In relation to the Department of Defense (DOD), understanding and exploring these four prongs could also prove or disprove adherence to ethical principles recently recommended by the DOD. These recommendations insist that the DoD’s use of AI follow five main principles:

  1. Responsible: DOD personnel will exercise appropriate levels of judgment and care while remaining responsible for the development, deployment, and use of AI capabilities.
  2. Equitable: The DOD will take deliberate steps to minimize unintended bias in AI capabilities.
  3. Traceable: The DOD’s AI capabilities will be developed and deployed such that relevant personnel possess an appropriate understanding of the technology, development processes, and operational methods applicable to AI capabilities, including with transparent and auditable methodologies, data sources, and design procedure and documentation.
  4. Reliable: The DOD’s AI capabilities will have explicit, well-defined uses and the safety, security, and effectiveness of such capabilities will be subject to testing and assurance within those defined uses across their entire life cycles.
  5. Governable: The DOD will design and engineer AI capabilities to fulfill their intended functions while possessing the ability to detect and avoid unintended consequences, and the ability to disengage or deactivate deployed systems that demonstrate unintended behavior.1

As you work through the self-driving car scenario above and begin to answer questions about whether the car acted reasonably in each instance of failure, you will find that many of the answers will prove adherence to, or divergence from, these ethical principles. For instance, in the scenario, the self-driving car demonstrated that it was not reliable when it did not stop at the stop sign or traffic light. But what about the principle of governable? Traceable? We don’t have all the information from the scenario to determine those principles, but the four-prong analyses is an appropriate place to start investigating.

Conclusion

The sooner we know how to determine the reasonableness of an AI’s actions, the sooner we can develop AI in accordance with that understanding. The proposed four-prong analysis is a simplistic legal framework to assist AI engineers in understanding the requirements necessary for an AI to function legally and seamlessly in a human setting. Ensuring AIs behave reasonably in everyday situations promotes trust in AI operations, and trust in AI is an area in need of attention and cultivation. AIs do not need to act perfect, and humans do not need to like or love AI to trust it; they only need to know that AIs will act reasonably. The more consistently an AI behaves reasonably—i.e., more human—the more its incorporation into every day human life will become readily accepted.
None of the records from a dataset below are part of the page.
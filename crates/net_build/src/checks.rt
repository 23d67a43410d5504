//! The checks after parsing: whether a document is well formed, apart from combinational loops.

ghost use Rattle.std.specs.Prelude.{◌≡◌, ◌<◌, ◌≤◌, ◌^◌, [], ◌++◌, None, IfOk, IfErr, IfNone};
ghost use Rattle.net_theory.specs.Cost.{cost};
ghost use Rattle.net_document.specs.Listed.{IsWellListed};
ghost use Rattle.net_document.specs.Refusals.{repeated, missing, fault_of, IsRefusedListing};
ghost use Rattle.net_build.specs.Parts.{IsFaultless, IsRefusedBelow};

use crate::merging::total_cost;
use indexmap::IndexSet;
use net_core::{Name, NetError};
use net_document::Listed;
use std::alloc::{AllocError, Global};

/// Adds driven names to `set` and returns the first one that is already there.
#[tactic(auto, unfolding(net_document::specs::Refusals::repeated, net_theory::specs::Document::has))]
fn add_drivers(set: &mut IndexSet<Name>, names: &[Name]) -> Result<Option<Name>, AllocError>
    ensures first { IfOk result (λ name. name ≡ repeated set.old.keys names.now) }
    ensures set { IfOk result (λ name. IfNone name (set.new.keys ≡ set.old.keys ++ names.now)) }
{
    let mut left = names;
    while let Some((driver, rest)) = left.split_first() {
        if set.contains(driver) {
            return Ok(Some(driver.copied()?));
        }
        set.insert(driver.copied()?)?;
        left = rest;
    }
    Ok(None)
}

/// The first of `names` that isn't driven.
#[tactic(auto, unfolding(net_document::specs::Refusals::missing, net_theory::specs::Document::has))]
fn first_missing(driven: &IndexSet<Name>, names: &[Name]) -> Result<Option<Name>, AllocError>
    ensures { IfOk result (λ name. name ≡ missing driven.now.keys names.now) }
{
    let mut left = names;
    while let Some((name, rest)) = left.split_first() {
        if !driven.contains(name) {
            return Ok(Some(name.copied()?));
        }
        left = rest;
    }
    Ok(None)
}

/// The first undriven name that tables and latches read, or else the first undriven output.
#[tactic(auto, using(crate::proofs::Faults::missings))]
fn first_undriven(
    driven: &IndexSet<Name>,
    used: &[Name],
    outputs: &[Name],
) -> Result<Option<Name>, AllocError>
    ensures { IfOk result (λ name. name ≡ missing driven.now.keys (used.now ++ outputs.now)) }
{
    match first_missing(driven, used)? {
        Some(name) => Ok(Some(name)),
        None => first_missing(driven, outputs),
    }
}

/// Refuses an undriven name, if there is no other fault.
#[tactic(auto, unfolding(net_document::specs::Refusals::fault_of))]
fn check_used(driven: &IndexSet<Name>, listed: &Listed) -> Result<(), NetError>
    requires once { repeated [] listed.now.driven ≡ None }
    requires driven { driven.now.keys ≡ listed.now.driven }
    ensures good { IfOk result (λ _. IsFaultless listed.now) }
    ensures refused { IfErr result (IsRefusedBelow listed.now) }
{
    match first_undriven(driven, &listed.used, &listed.document.outputs)? {
        Some(name) => Err(NetError::Undriven(name)),
        None => Ok(()),
    }
}

/// Refuses a name that is driven twice, or else an undriven name, if there is no other fault. `driven` is empty
/// before and has the driven names after.
#[tactic(auto, unfolding(net_document::specs::Refusals::fault_of))]
fn check_names(driven: &mut IndexSet<Name>, listed: &Listed) -> Result<(), NetError>
    requires none { driven.old.keys ≡ [] }
    ensures good { IfOk result (λ _. IsFaultless listed.now) }
    ensures refused { IfErr result (IsRefusedBelow listed.now) }
{
    match add_drivers(driven, &listed.driven)? {
        Some(name) => Err(NetError::DrivenTwice(name)),
        None => check_used(driven, listed),
    }
}

/// Refuses every fault other than a combinational loop: more gates than `most` first.
#[tactic(auto, unfolding(net_document::specs::Refusals::fault_of, net_theory::specs::Cost::cost))]
pub fn check(alloc: Global, listed: &Listed, most: u32) -> Result<(), NetError>
    requires listed { IsWellListed listed.now }
    requires small { cost listed.now.document < 2 ^ 32 }
    ensures good { IfOk result (λ _. fault_of most listed.now ≡ None) }
    ensures refused { IfErr result (IsRefusedListing most listed.now) }
{
    let gates = total_cost(alloc, &listed.document.tables)?;
    if gates > most {
        return Err(NetError::TooManyGates(gates));
    }
    let mut driven = IndexSet::new(alloc);
    check_names(&mut driven, listed)
}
Captain Christina Heath, USAF

Captain Christina Heath (Juris Doctor, Florida Coastal School of Law) is the Chief of Military Justice at the 78th Air Base Wing, Robins Air Force Base, Georgia. She manages a nine-person justice team and oversees the administration of all punitive and administrative disciplinary actions involving military members assigned to the installation.
This paper was written as part of the SOS Air University Advanced Research (AUAR) elective, Artificial Intelligence section.